Now consider the current cost of childcare. The Economic Policy Institute reports, as recently as October 2020, the average annual cost of infant care in Washington D.C. is $24,243. That is nearly ten times the equivalent cost of childcare during World War II. The minimum wage in D.C. is $15 an hour (the same figure that was rejected by Congress as too high for the national minimum wage). A worker making minimum wage in D.C. earns roughly $31,200 per year. That leaves less than $7,000 for all other expenses, including housing, food, healthcare, transportation, and any student loans — for the entire year.

To say childcare is prohibitively expensive is a gross understatement. A primary caregiver should not have to pay for the privilege of working.

The post-pandemic era will be the first time in history that our economy hinges on how we address women in the workforce. In January 2021, 275,000 women exited the workforce. A month earlier, women accounted for 100 percent of net jobs lost. One. Hundred. Percent.
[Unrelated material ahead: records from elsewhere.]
//! The title to a bill, and who has which part in it.
ghost use Rattle.std.specs.Prelude.{◌≡◌};
ghost use Rattle.title_fold.specs.Title.{carrier, possessor, title_holder};

use ebl_base::{Kind, Party};

/// The title to a bill: how far the bill has come, and who has which part in it.
#[derive(Clone, Copy, Debug, PartialEq, Eq)]
pub enum Title {
    /// The carrier has signed the document, and hasn't issued the bill yet.
    Signed {
        carrier: Party,
    },
    /// The bill was issued: one party has possession, one party holds the title.
    Live {
        carrier: Party,
        possessor: Party,
        holder: Party,
    },
    /// A surrender was asked for, of this kind and by this party, and the carrier hasn't answered.
    Asked {
        kind: Kind,
        carrier: Party,
        by: Party,
    },
    /// The carrier accepted a surrender of this kind: nothing can be done with the bill any more.
    Ended {
        kind: Kind,
        carrier: Party,
    },
}

/// The party that signed the bill.
pub fn carrier(t: Title) -> Party
    ensures { result ≡ carrier t }
{
    match t {
        Title::Signed { carrier }
        | Title::Live { carrier, .. }
        | Title::Asked { carrier, .. }
        | Title::Ended { carrier, .. } => carrier,
    }
}

/// The party that has possession of the bill: the carrier, but where the bill is live.
pub fn possessor(t: Title) -> Party
    ensures { result ≡ possessor t }
{
    match t {
        Title::Live { possessor, .. } => possessor,
        other => carrier(other),
    }
}

/// The party that holds the title: the carrier before the bill is issued and after its end, and the asker while a
/// surrender is asked for.
pub fn title_holder(t: Title) -> Party
    ensures { result ≡ title_holder t }
{
    match t {
        Title::Live { holder, .. } => holder,
        Title::Asked { by, .. } => by,
        Title::Signed { carrier } | Title::Ended { carrier, .. } => carrier,
    }
}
In a recent op-ed, Vice President Harris wrote that 2.5 million women have left the labor force during the pandemic, declaring the situation a national emergency. 

Harris is absolutely correct. As a country, when we have consecutive months where women leave the workforce in droves and the trend line is not abating, we have a serious problem. Make no mistake. It is not a problem just for women. It is a problem for us all.
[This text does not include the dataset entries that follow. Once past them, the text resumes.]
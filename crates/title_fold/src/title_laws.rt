//! Laws of one transaction. Each function does nothing: its contract is the law, of every title and transaction.
#![tactic(auto, using(crate::proofs::TitleLaws::title_laws))]

ghost use Rattle.std.specs.Prelude.{◌≡◌, ◌≢◌, Option, Some, None, Ok, Err, if◌then◌else◌};
ghost use Rattle.title_fold.specs.Changes.{GivesPossession, GivesTitle};
ghost use Rattle.title_fold.specs.Rules.{is_sign};
ghost use Rattle.title_fold.specs.Step.{step_title};
ghost use Rattle.title_fold.specs.Allowed.{IsAllowed};
ghost use Rattle.title_fold.specs.Title.{carrier, possessor, title_holder};
ghost use Rattle.title_fold.specs.declared.title.Title.TheVariants.{Signed, Live, Ended};

use crate::refusal::FoldRefusal;
use crate::title::Title;
use ebl_base::{Kind, Party, Transaction};

/// The rules and the table of kinds let through what the table of the allowed transactions has, and nothing else.
pub fn step_makes_what_is_allowed()
    ensures allowed { (before : Option Title) (t : Transaction) (after : Title)
        → step_title before t ≡ Ok after → IsAllowed before t after }
    ensures made { (before : Option Title) (t : Transaction) (after : Title)
        → IsAllowed before t after → step_title before t ≡ Ok after }
{}

/// A title begins with a SIGN that has no recipient, and its actor is the carrier.
pub fn title_begins_with_a_sign()
    ensures kind { (t : Transaction) (after : Title)
        → step_title None t ≡ Ok after → t.kind ≡ Kind.Sign }
    ensures recipient { (t : Transaction) (after : Title)
        → step_title None t ≡ Ok after → t.recipient ≡ None }
    ensures title { (t : Transaction) (after : Title)
        → step_title None t ≡ Ok after → after ≡ Signed t.actor }
{}

/// The carrier stays the carrier.
pub fn carrier_stays()
    ensures { (before : Title) (t : Transaction) (after : Title)
        → step_title (Some before) t ≡ Ok after → carrier after ≡ carrier before }
{}

/// On a title that stands, the possessor alone acts. Before the issue and while a surrender is asked for, that is the
/// carrier.
pub fn possessor_alone_acts()
    ensures { (before : Title) (t : Transaction) (after : Title)
        → step_title (Some before) t ≡ Ok after → t.actor ≡ possessor before }
{}

/// An ISSUE and a TRANSFER give possession to the recipient, a surrender to the carrier, its refusal to the asker
/// again. An ENDORSE and the acceptance of a surrender leave it.
pub fn possession_goes_by_the_kind()
    ensures { (before : Title) (t : Transaction) (after : Title)
        → step_title (Some before) t ≡ Ok after → GivesPossession t.kind t.recipient before after }
{}

/// An ISSUE and an ENDORSE give the title to the recipient, the acceptance of a surrender to the carrier. All other
/// kinds leave it.
pub fn title_goes_by_the_kind()
    ensures { (before : Title) (t : Transaction) (after : Title)
        → step_title (Some before) t ≡ Ok after → GivesTitle t.kind t.recipient before after }
{}

/// Of a live title only an ENDORSE changes the title holder, and it changes nothing else.
pub fn endorse_alone_changes_the_title_holder()
    ensures others { (c p h : Party) (t : Transaction) (after : Title)
        → step_title (Some (Live c p h)) t ≡ Ok after
        → t.kind ≢ Kind.Endorse → title_holder after ≡ h }
    ensures endorse { (c p h : Party) (t : Transaction) (after : Title)
        → step_title (Some (Live c p h)) t ≡ Ok after
        → t.kind ≡ Kind.Endorse → after ≡ Live c p (title_holder after) }
{}

/// A title that is ended refuses everything: a SIGN because a title stands, all else because it is ended.
pub fn ended_title_refuses_everything()
    ensures { (kind : Kind) (c : Party) (t : Transaction)
        → step_title (Some (Ended kind c)) t
        ≡ Err (if is_sign t.kind then FoldRefusal.F1 else FoldRefusal.F3) }
{}
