//! The fold of a list of transactions.
ghost use Rattle.std.specs.Prelude.{◌≡◌, ◌+◌, ◌≤◌, length};
ghost use Rattle.title_fold.specs.Fold.{fold, fold_from};

use crate::refusal::FoldAt;
use crate::step::apply;
use crate::title::Title;
use ebl_base::Transaction;

/// The title after the transactions of a list, made one after the other from none; or the first that is refused, with
/// its rule.
///
/// The empty list leaves no title. Each transaction is looked at once.
pub fn fold(list: &[Transaction]) -> Result<Option<Title>, FoldAt>
    ensures { result ≡ fold list.now }
{
    fold_from(list, None, 0)
}

/// The title after the transactions of a list, made one after the other on a title; or the first that is refused, with
/// its rule. The first of the list has this place. So a fold goes on over a list that isn't in one piece.
pub fn fold_from(
    list: &[Transaction],
    before: Option<Title>,
    place: usize,
) -> Result<Option<Title>, FoldAt>
    requires { place + length list.now ≤ usize.MAX }
    ensures { result ≡ fold_from list.now before place }
{
    let mut title = before;
    for (ahead, t) in list.iter().enumerate() {
        match apply(title, t) {
            Ok(next) => title = Some(next),
            Err(rule) => {
                let place = place + ahead;
                return Err(FoldAt { place, rule });
            }
        }
    }
    Ok(title)
}
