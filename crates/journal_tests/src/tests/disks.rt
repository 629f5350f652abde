//! What no contract says: listed failures with their bytes and without, and a real file.
use crate::tests::{disk_of, failures, make_folder, same};
use disk_model::{BoundedDisk, Disk, Failures, FileDisk, MemoryDisk};
use ebl_base::{Copied, NoMemory};
use std::alloc::Global;
use std::fs;
use std::fs::File;
use std::process::Abort;
use std::test::Fail;

const FOLDER: &str = "journal_tests_disk";

const PATH: &str = "journal_tests_disk/disk";

// What a disk answered to a call: a dot, or a mark for a failure.
fn mark<T: Drop, E: Drop>(answer: Result<T, E>) -> u8 {
    match answer {
        Ok(_) => b'.',
        Err(_) => b'!',
    }
}

// What a disk answers to each call, without what its contract says, which a caller would carry on.
fn len_mark(disk: &mut MemoryDisk) -> u8 {
    mark(disk.len())
}

fn write_mark(disk: &mut MemoryDisk, place: usize, bytes: &[u8]) -> u8 {
    if disk.bytes().len() < place {
        return b'?';
    }
    mark(disk.write_at(place as u64, bytes))
}

fn sync_mark(disk: &mut MemoryDisk) -> u8 {
    mark(disk.sync())
}

fn read_mark(disk: &mut MemoryDisk) -> u8 {
    if disk.bytes().len() < 4 {
        return b'?';
    }
    mark(disk.read(1, &mut [0; 3]))
}

// What a disk of four bytes answers to its length, two writes, a sync and a read.
fn answers(disk: &mut MemoryDisk) -> [u8; 5] {
    [
        len_mark(disk),
        write_mark(disk, 1, b"XY"),
        write_mark(disk, 3, b"Zz"),
        sync_mark(disk),
        read_mark(disk),
    ]
}

// A copy of a disk of four bytes, of which the calls of a copied list fail.
fn copied(alloc: Global, failures: &Failures) -> Result<MemoryDisk, NoMemory> {
    let disk = disk_of(alloc, b"abcd", failures.copy(alloc)?)?;
    let copy = disk.copy(alloc);
    drop(disk);
    copy
}

fn tell_answers<R: Abort>(rt: &R, disk: &mut MemoryDisk, told: &[u8; 5], bytes: &[u8]) {
    same(rt, answers(disk), *told);
    same(rt, disk.bytes(), bytes);
}

fn memory_row(
    rt: &impl Abort,
    alloc: Global,
    fails: &[u64],
    done: &[u64],
    told: &[u8; 5],
    bytes: &[u8],
) -> Result<(), Fail> {
    let failures = failures(alloc, fails, done)?;
    let copy = copied(alloc, &failures);
    drop(failures);
    let mut disk = copy?;
    tell_answers(rt, &mut disk, told, bytes);
    drop(disk);
    Ok(())
}

// The calls that fail, the writes among them that are done, what the disk answers, and its bytes then.
const ANSWERS: [(&[u64], &[u64], &[u8; 5], &[u8]); 4] = [
    (&[], &[1], b".....", b"aXYZz"),
    (&[1], &[], b".!...", b"abcZz"),
    (&[2, 1], &[1], b".!!..", b"aXYd"),
    (&[4, 3, 0], &[4, 0], b"!..!!", b"aXYZz"),
];

#[test]
fn a_memory_disk_fails_at_the_listed_calls(rt: HostRuntime) -> Result<(), Fail> {
    for &(fails, done, told, bytes) in &ANSWERS {
        memory_row(&rt, rt.alloc(), fails, done, told, bytes)?;
    }
    Ok(())
}

#[test]
fn a_count_of_failed_calls(rt: HostRuntime) -> Result<(), Fail> {
    let failures = failures(rt.alloc(), &[0, 2], &[])?;
    let mut disk = disk_of(rt.alloc(), b"abcd", failures)?;
    tell_count(&rt, &mut disk);
    drop(disk);
    Ok(())
}

// Of three calls the first and the last fail.
fn tell_count<R: Abort>(rt: &R, disk: &mut MemoryDisk) {
    same(rt, len_mark(disk), b'!');
    same(rt, disk.len(), Ok(4));
    same(rt, sync_mark(disk), b'!');
    same(rt, disk.faults(), 2);
}

// What a disk that is bounded in its bytes and its calls answers to three writes and two syncs.
fn bounded_marks(disk: &mut BoundedDisk) -> [u8; 5] {
    let writes = [b"abc".as_slice(), b"XY", b"Q"];
    let mut marks = [b'.'; 5];
    for (at, bytes) in writes.iter().enumerate() {
        marks[at] = mark(disk.write_at(0, bytes));
    }
    for at in 3..5 {
        marks[at] = mark(disk.sync());
    }
    marks
}

// A copy of a disk with room for five bytes and three calls.
fn bounded(alloc: Global) -> Result<BoundedDisk, NoMemory> {
    let disk = BoundedDisk::new(alloc, 5, 3)?;
    let copy = disk.copy(alloc);
    drop(disk);
    copy
}

#[test]
fn a_bounded_disk_fails_past_its_room_alone(rt: HostRuntime) -> Result<(), Fail> {
    let mut disk = bounded(rt.alloc())?;
    tell_bounded(&rt, &mut disk);
    drop(disk);
    Ok(())
}

fn tell_bounded<R: Abort>(rt: &R, disk: &mut BoundedDisk) {
    same(rt, bounded_marks(disk), *b"..!.!");
    same(rt, disk.len(), Ok(3));
    same(rt, disk.bytes(), b"XYc");
    same(rt, disk.faults(), 2);
}

// A blank file gets six bytes by two writes that overlap.
fn is_written(disk: &mut FileDisk) -> bool {
    disk.write_at(0, b"abcd").is_ok() && disk.write_at(3, b"XYZ").is_ok() && disk.sync().is_ok()
}

// Four bytes from a place on.
fn four_from(disk: &mut FileDisk, place: u64) -> Option<[u8; 4]> {
    let mut into = [0; 4];
    disk.read(place, &mut into).ok()?;
    Some(into)
}

#[test]
fn a_file_is_a_disk(rt: HostRuntime) -> Result<(), Fail> {
    make_folder(&rt, FOLDER)?;
    tell_blank(&rt, &mut FileDisk::open(&rt, FOLDER, PATH)?);
    tell_only_read(&rt, &mut FileDisk::new(File::open(&rt, PATH)?));
    fs::remove_dir_all(&rt, FOLDER)?;
    Ok(())
}

// A blank file is written, and read up to its end and past it.
fn tell_blank<R: Abort>(rt: &R, disk: &mut FileDisk) {
    same(rt, disk.len(), Ok(0));
    assert!(rt; is_written(disk));
    tell_four(rt, disk, 2, Some(*b"cXYZ"), 0);
    tell_four(rt, disk, 3, None, 1);
}

// Which four bytes stand from a place on, and how many calls failed then.
fn tell_four<R: Abort>(
    rt: &R,
    disk: &mut FileDisk,
    place: u64,
    four: Option<[u8; 4]>,
    faults: u64,
) {
    same(rt, four_from(disk, place), four);
    same(rt, disk.faults(), faults);
}

// What is opened to be read refuses a write.
fn tell_only_read<R: Abort>(rt: &R, disk: &mut FileDisk) {
    same(rt, disk.len(), Ok(6));
    same(rt, mark(disk.write_at(0, b"Q")), b'!');
    same(rt, disk.faults(), 1);
}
We are living in a unique time marked by a once-in-a-century pandemic. Although the ferocity of the public health, social, and economic crises caught the world off guard, the consequences have been all too predictable.

Many of us operate in crisis-management mode, but full economic recovery requires that our actions not be just reactionary but also be strategic and visonary.

Starting today, you should brainstorm ways your organization can support women’s employment and entrepreneurship with a lens towards the future of work. It may be as small as making organizational changes or as wide-scale as establishing an area of sustained advocacy.

If our nation does not use every weapon at our disposal to get women back into the workforce, our economic recovery efforts will be doomed to fail before they begin. Our lost ground will stay lost.

It does not have to be. The United States could accelerate the economy for everyone, with GDP growth by 5–10 percent in the next few decades, if we increase the number of women who enter and remain in the workforce, according to “The Key to Unlocking U.S. GDP Growth: Women,” a report by S&P Global.

It’s not enough to say that putting women to work is good for business. It’s more accurate to say this: Without women, you’re out of business.

The United States had more than a half century to brace for the “shecession.” The hour is late. What are we waiting for? The road to recovery will be long and difficult. It’s time to take the first step to be bold and audacious about our national economic future.


Alejandra Y. Castillo is a Board Member of the National Council of Nonprofits and the immediate past CEO of YWCA USA.  She is a member of APCO International Advisor Council and is the author of the forthcoming book addressing the partnership between nonprofit boards and CEOs.